Finding My Sleep Pattern and Experiencing a Restorative Sleep
Last updated: April 2022
When I was combatting pain with prescription pain pills, I either slept all the time or not at all. There was no in-between. There were times when I would only sleep for 20-minute intervals for days at a time.
No matter what I did or how many prescription sleep aids I tried, I never experienced a deep restorative sleep.
What does my sleep pattern even look like?
Soon after detoxing from all of my prescriptions, I discovered my body's sleep pattern. Without taking any medication or over-the-counter meds, I began sleeping 6-8 hours at a time. This was an improvement considering I used to be lucky to get 4-6 hours on a good night.
However, the hours that my body chose to sleep were anything but ideal. My body's sleep pattern dictated that I went to bed between 2 AM and 6 AM and often slept past noon. With this approach, I wasn't achieving a restorative sleep either.
So even though I was following my sleep pattern, I still felt groggy and experienced a higher pain level throughout my "day."
A welcomed relief
It wasn't until I began medicating with medical marijuana (MMJ) that I first experienced a deep restorative sleep. With MMJ, I not only fell into a deep sleep, but all of my muscles relaxed.
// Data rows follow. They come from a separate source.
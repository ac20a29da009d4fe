//! What is compiled of one mapper: the GEM port of each priority, and the priority of frames without a tag.
ghost use Rattle.std.specs.Prelude.{◌≡◌, ◌<◌, ℕ, Option, Some, slice_get, slice_index};
ghost use Rattle.managed_entity.specs.Shown.{interwork_instance, mapper_instance};
ghost use Rattle.pmapper.specs.Mapper.{unmarked_of, unmarked_priority_of};
ghost use Rattle.mib_state.specs.Entities.{find};
ghost use Rattle.port_plan.specs.Plan.{IsDscp, compiled_route, ctp_behind, dscp_place};

use frame_meaning::{Reason, gem_port_of};
use mib_state::Mib;
use pmapper::{Interwork, Mapper};

/// The number of a GEM interworking termination point or a GEM port network CTP that isn't there: that of the null pointer.
const NOWHERE: u16 = 65535;

/// The route of a priority, and the numbers of the instances that it was read from.
#[derive(Clone, Copy)]
pub(crate) struct Route {
    /// The GEM port, or the reason that there is none.
    pub(crate) to: Result<u16, Reason>,
    /// The GEM interworking termination point that the mapper points to.
    pub(crate) interwork: u16,
    /// The GEM port network CTP that this point points to.
    pub(crate) gem_port: u16,
}

impl Route {
    /// The route of a port without a mapper.
    pub(crate) const NONE: Route = Route {
        to: Err(Reason::NoMapper),
        interwork: NOWHERE,
        gem_port: NOWHERE,
    };
}

/// The GEM interworking termination point that a mapper points to for a priority.
fn pointer(mapper: &Mapper, priority: u8) -> u16
    requires { priority < 8 }
    ensures { result ≡ slice_index mapper.now.interwork_tp_pointers priority }
{
    mapper.interwork_tp_pointers[usize::from(priority)]
}

/// The GEM port network CTP that a GEM interworking termination point points to.
fn ctp_of(point: &Interwork) -> u16
    ensures { (n : ℕ) → result ≡ ctp_behind (Some (interwork_instance n point.now)) }
{
    point.gem_port_pointer
}

/// The GEM port network CTP that the GEM interworking termination point of a number points to.
fn ctp_behind(mib: &Mib, interwork: u16) -> u16
    ensures { result ≡ ctp_behind (find interwork mib.now.entities.interworks) }
{
    match mib.interwork(interwork) {
        Some(point) => ctp_of(point),
        None => NOWHERE,
    }
}

/// The route of the frames of a priority.
fn compiled_route(mib: &Mib, mapper: &Mapper, priority: u8) -> Route
    requires { priority < 8 }
    ensures { (n : ℕ) → result
        ≡ compiled_route mib.now.entities (Some (mapper_instance n mapper.now)) priority }
{
    let interwork = pointer(mapper, priority);
    Route {
        to: gem_port_of(mib, mapper, priority),
        interwork,
        gem_port: ctp_behind(mib, interwork),
    }
}

/// The route of each priority.
pub(crate) fn by_priority(mib: &Mib, mapper: &Mapper) -> [Route; 8]
    ensures { (n priority : ℕ) → priority < 8
        → slice_get result priority
        ≡ Some (compiled_route mib.now.entities (Some (mapper_instance n mapper.now)) priority) }
{
    [
        compiled_route(mib, mapper, 0),
        compiled_route(mib, mapper, 1),
        compiled_route(mib, mapper, 2),
        compiled_route(mib, mapper, 3),
        compiled_route(mib, mapper, 4),
        compiled_route(mib, mapper, 5),
        compiled_route(mib, mapper, 6),
        compiled_route(mib, mapper, 7),
    ]
}

/// The priority of frames without a tag for each DSCP, and behind them that of frames without a DSCP.
pub(crate) fn untagged(mapper: &Mapper) -> [u8; 65]
    ensures value { (dscp : Option ℕ) → IsDscp dscp
        → slice_index result (dscp_place dscp)
        ≡ unmarked_priority_of (unmarked_of mapper.now) dscp }
    ensures bound { (place : ℕ) → slice_index result place < 8 }
{
    let mut untagged = [mapper.default_p_bit_assumption % 8; 65];
    if mapper.unmarked_frame_option == 0 {
        for dscp in 0..64 {
            untagged[usize::from(dscp)] = mapper.dscp_map.get(dscp);
        }
    }
    untagged
}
I would wake up feeling like my body was rusted in the past. I felt like the Tin Man in The Wizard of Oz, begging for oil. With MMJ, I rarely wake up feeling stiffer than before falling asleep. I usually feel better.
In the past, I awoke with more pain because the rest of my body was reacting to the pain I was in. For example, if my spine and feet were hurting when I went to sleep, the muscles surrounding them would harden or spasm throughout the night. With MMJ, I rarely experience reactionary pain.
Incorporating MMJ into my lifestyle
The best part of utilizing MMJ for sleep is that I can count the amount of groggy days I experience in a month on one hand. The only reasons I experience them is when I have pushed my body too far, fail to medicate heavy enough, or am experiencing a flare.
For the most part, MMJ has made it possible to sleep during hours that are considered normal sleeping hours. I still experience a few sleepless nights each month; however, I never go without sleep. Even if I am unable to sleep during the night, I will eventually fall asleep and experience the same level of sleep that I do the rest of the month.
This used to drive me crazy, but I have learned to accept my body's sleep pattern over time. Finding a medication that grants me a deep restorative sleep and accepting the hours that my body wants that sleep has improved the quality of my chronic life.